(Provided entries)

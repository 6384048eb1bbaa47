//! When a store that broke is opened again.
ghost use Rattle.std.specs.Prelude.{◌≡◌, ℕ, None, false};
ghost use Rattle.psu_bench.specs.Reopenings.{after_job, left_of_second};

use crate::JobEnding;

/// A second, in milliseconds.
const SECOND: u64 = 1_000;

/// Returns how many milliseconds it is until a second has passed since a time, if there is one; 0 once it has.
pub(crate) fn left_of_second(since: Option<u64>, now: u64) -> u64
    ensures { result ≡ left_of_second since now }
{
    match since {
        Some(since) => SECOND.saturating_sub(now.saturating_sub(since)),
        None => 0,
    }
}

/// When a store that broke is opened again: one that broke within a second of its reopening a second after that, and
/// any other at once.
#[derive(Clone, Copy, Debug, PartialEq, Eq)]
pub struct Reopenings {
    // When the store was opened again, in milliseconds.
    reopened: Option<u64>,
    // When it broke within a second of that.
    broken: Option<u64>,
}

impl Reopenings {
    /// Returns that the store was never opened again.
    pub fn new() -> Reopenings
        ensures reopened { result.reopened ≡ None }
        ensures broken { result.broken ≡ None }
    {
        Reopenings {
            reopened: None,
            broken: None,
        }
    }

    /// Notes how a job ended at this time.
    pub fn note(&mut self, ending: JobEnding, now: u64)
        ensures { self.new ≡ after_job self.old ending now }
    {
        match ending {
            JobEnding::Reopened => self.reopened = Some(now),
            JobEnding::Broken => {
                if left_of_second(self.reopened, now) > 0 {
                    self.broken = Some(now);
                }
            }
            JobEnding::Stored | JobEnding::Worn | JobEnding::OutOfMemory => {}
        }
    }

    /// Whether how long it is until a job may be run depends on the time. If not, one may be run at any time.
    pub fn needs_time(&self) -> bool
        ensures { result ≡ false → (now : ℕ) → left_of_second self.now.broken now ≡ 0 }
    {
        self.broken.is_some()
    }

    /// Returns how many milliseconds it is until a job may be run: 0 where the store did not break within a second of
    /// its reopening, or that was a second ago.
    pub fn time_left(&self, now: u64) -> u64
        ensures { result ≡ left_of_second self.now.broken now }
    {
        left_of_second(self.broken, now)
    }
}
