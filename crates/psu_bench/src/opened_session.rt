//! A session that was just opened.
ghost use Rattle.std.specs.Prelude.{◌≡◌};
ghost use Rattle.psu_exec.specs.Device.{State};
ghost use Rattle.psu_exec.specs.Calls.{Entry};
ghost use Rattle.psu_exec.specs.Calls.Entry.{Closed};
ghost use Rattle.psu_locks.specs.declared.results.Grant.TheVariants as grants;
ghost use Rattle.psu_turn.specs.Seats.{SeatCalls, Sight};
ghost use Rattle.psu_bench.specs.Calls.{AllowsOn};
ghost use Rattle.psu_bench.specs.Opened.{HasOpened};

use crate::{Access, Caller, Granted, ServedDisk};
use psu_exec::{CannotDrop, Session};
use std::marker::Model;
use std::sync::Wait;

/// A session that was just opened, with the access that has opened it and has made no other call. It has no `Drop`: the
/// session keeps the access for its further calls, or is closed. Contracts see its number and the seat.
pub struct OpenedSession<D: ServedDisk> {
    number: Session,
    access: Access<D>,
    duty: CannotDrop,
}

impl<D: ServedDisk> Model for OpenedSession<D> {
    ghost use Rattle.psu_bench.specs.Opened.{HasOpened, OpenedSeat};

    ghost Value = { OpenedSeat };

    ghost view = { λ o. record { number = o.number; seat = o.access.seat } };

    ghost invariant = { λ o. HasOpened D.honest o.number o.access.seat };
}

impl<D: ServedDisk> OpenedSession<D> {
    // Returns a session of this number.
    pub(crate) fn new(number: Session, access: Access<D>) -> OpenedSession<D>
        requires { HasOpened D.honest number access.seat }
        ensures { result ≡ record { number = number; seat = access.seat } }
    {
        OpenedSession {
            number,
            access,
            duty: CannotDrop::begin(),
        }
    }

    /// Returns the number of the session.
    pub fn number(&self) -> Session
        ensures { result ≡ self.now.number }
    {
        self.number
    }

    /// Returns the number of the session, and the access for its further calls.
    pub fn into_parts(self) -> (Session, Access<D>)
        ensures number { result.0 ≡ self.number }
        ensures seat { result.1.seat ≡ self.seat }
        ensures opened { HasOpened D.honest result.0 result.1.seat }
    {
        let OpenedSession {
            number,
            access,
            duty,
        } = self;
        duty.end();
        (number, access)
    }

    /// Closes the session, under the seat that has opened it. Returns the sessions whose lock requests were then granted.
    pub fn close<R: Wait>(self, rt: &R) -> Granted
        ensures call { (new : Sight State Entry) × SeatCalls (AllowsOn D.honest) self.seat (Closed self.number result.sessions) new }
        ensures grant { result.grant ≡ grants.Granted }
    {
        let (number, access) = self.into_parts();
        let Access { bench, seat, gate } = access;
        Caller::new(&bench, seat, &gate).close_session(rt, number)
    }
}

(End Provided entries)

What is needed>
Word for word, copy out the records.

Task output>
repository 6384048eb1bbaa47
//! When a store that broke is opened again.
ghost use Rattle.std.specs.Prelude.{◌≡◌, ℕ, None, false};
ghost use Rattle.psu_bench.specs.Reopenings.{after_job, left_of_second};

use crate::JobEnding;

/// A second, in milliseconds.
const SECOND: u64 = 1_000;

/// Returns how many milliseconds it is until a second has passed since a time, if there is one; 0 once it has.
pub(crate) fn left_of_second(since: Option<u64>, now: u64) -> u64
    ensures { result ≡ left_of_second since now }
{
    match since {
        Some(since) => SECOND.saturating_sub(now.saturating_sub(since)),
        None => 0,
    }
}

/// When a store that broke is opened again: one that broke within a second of its reopening a second after that, and
/// any other at once.
#[derive(Clone, Copy, Debug, PartialEq, Eq)]
pub struct Reopenings {
    // When the store was opened again, in milliseconds.
    reopened: Option<u64>,
    // When it broke within a second of that.
    broken: Option<u64>,
}

impl Reopenings {
    /// Returns that the store was never opened again.
    pub fn new() -> Reopenings
        ensures reopened { result.reopened ≡ None }
        ensures broken { result.broken ≡ None }
    {
        Reopenings {
            reopened: None,
            broken: None,
        }
    }

    /// Notes how a job ended at this time.
    pub fn note(&mut self, ending: JobEnding, now: u64)
        ensures { self.new ≡ after_job self.old ending now }
    {
        match ending {
            JobEnding::Reopened => self.reopened = Some(now),
            JobEnding::Broken => {
                if left_of_second(self.reopened, now) > 0 {
                    self.broken = Some(now);
                }
            }
            JobEnding::Stored | JobEnding::Worn | JobEnding::OutOfMemory => {}
        }
    }

    /// Whether how long it is until a job may be run depends on the time. If not, one may be run at any time.
    pub fn needs_time(&self) -> bool
        ensures { result ≡ false → (now : ℕ) → left_of_second self.now.broken now ≡ 0 }
    {
        self.broken.is_some()
    }

    /// Returns how many milliseconds it is until a job may be run: 0 where the store did not break within a second of
    /// its reopening, or that was a second ago.
    pub fn time_left(&self, now: u64) -> u64
        ensures { result ≡ left_of_second self.now.broken now }
    {
        left_of_second(self.broken, now)
    }
}
filename crates/psu_bench/src/opened_session.rt
//! A session that was just opened.
ghost use Rattle.std.specs.Prelude.{◌≡◌};
ghost use Rattle.psu_exec.specs.Device.{State};
ghost use Rattle.psu_exec.specs.Calls.{Entry};
ghost use Rattle.psu_exec.specs.Calls.Entry.{Closed};
ghost use Rattle.psu_locks.specs.declared.results.Grant.TheVariants as grants;
ghost use Rattle.psu_turn.specs.Seats.{SeatCalls, Sight};
ghost use Rattle.psu_bench.specs.Calls.{AllowsOn};
ghost use Rattle.psu_bench.specs.Opened.{HasOpened};

use crate::{Access, Caller, Granted, ServedDisk};
use psu_exec::{CannotDrop, Session};
use std::marker::Model;
use std::sync::Wait;

/// A session that was just opened, with the access that has opened it and has made no other call. It has no `Drop`: the
/// session keeps the access for its further calls, or is closed. Contracts see its number and the seat.
pub struct OpenedSession<D: ServedDisk> {
    number: Session,
    access: Access<D>,
    duty: CannotDrop,
}

impl<D: ServedDisk> Model for OpenedSession<D> {
    ghost use Rattle.psu_bench.specs.Opened.{HasOpened, OpenedSeat};

    ghost Value = { OpenedSeat };

    ghost view = { λ o. record { number = o.number; seat = o.access.seat } };

    ghost invariant = { λ o. HasOpened D.honest o.number o.access.seat };
}

impl<D: ServedDisk> OpenedSession<D> {
    // Returns a session of this number.
    pub(crate) fn new(number: Session, access: Access<D>) -> OpenedSession<D>
        requires { HasOpened D.honest number access.seat }
        ensures { result ≡ record { number = number; seat = access.seat } }
    {
        OpenedSession {
            number,
            access,
            duty: CannotDrop::begin(),
        }
    }

    /// Returns the number of the session.
    pub fn number(&self) -> Session
        ensures { result ≡ self.now.number }
    {
        self.number
    }

    /// Returns the number of the session, and the access for its further calls.
    pub fn into_parts(self) -> (Session, Access<D>)
        ensures number { result.0 ≡ self.number }
        ensures seat { result.1.seat ≡ self.seat }
        ensures opened { HasOpened D.honest result.0 result.1.seat }
    {
        let OpenedSession {
            number,
            access,
            duty,
        } = self;
        duty.end();
        (number, access)
    }

    /// Closes the session, under the seat that has opened it. Returns the sessions whose lock requests were then granted.
    pub fn close<R: Wait>(self, rt: &R) -> Granted
        ensures call { (new : Sight State Entry) × SeatCalls (AllowsOn D.honest) self.seat (Closed self.number result.sessions) new }
        ensures grant { result.grant ≡ grants.Granted }
    {
        let (number, access) = self.into_parts();
        let Access { bench, seat, gate } = access;
        Caller::new(&bench, seat, &gate).close_session(rt, number)
    }
}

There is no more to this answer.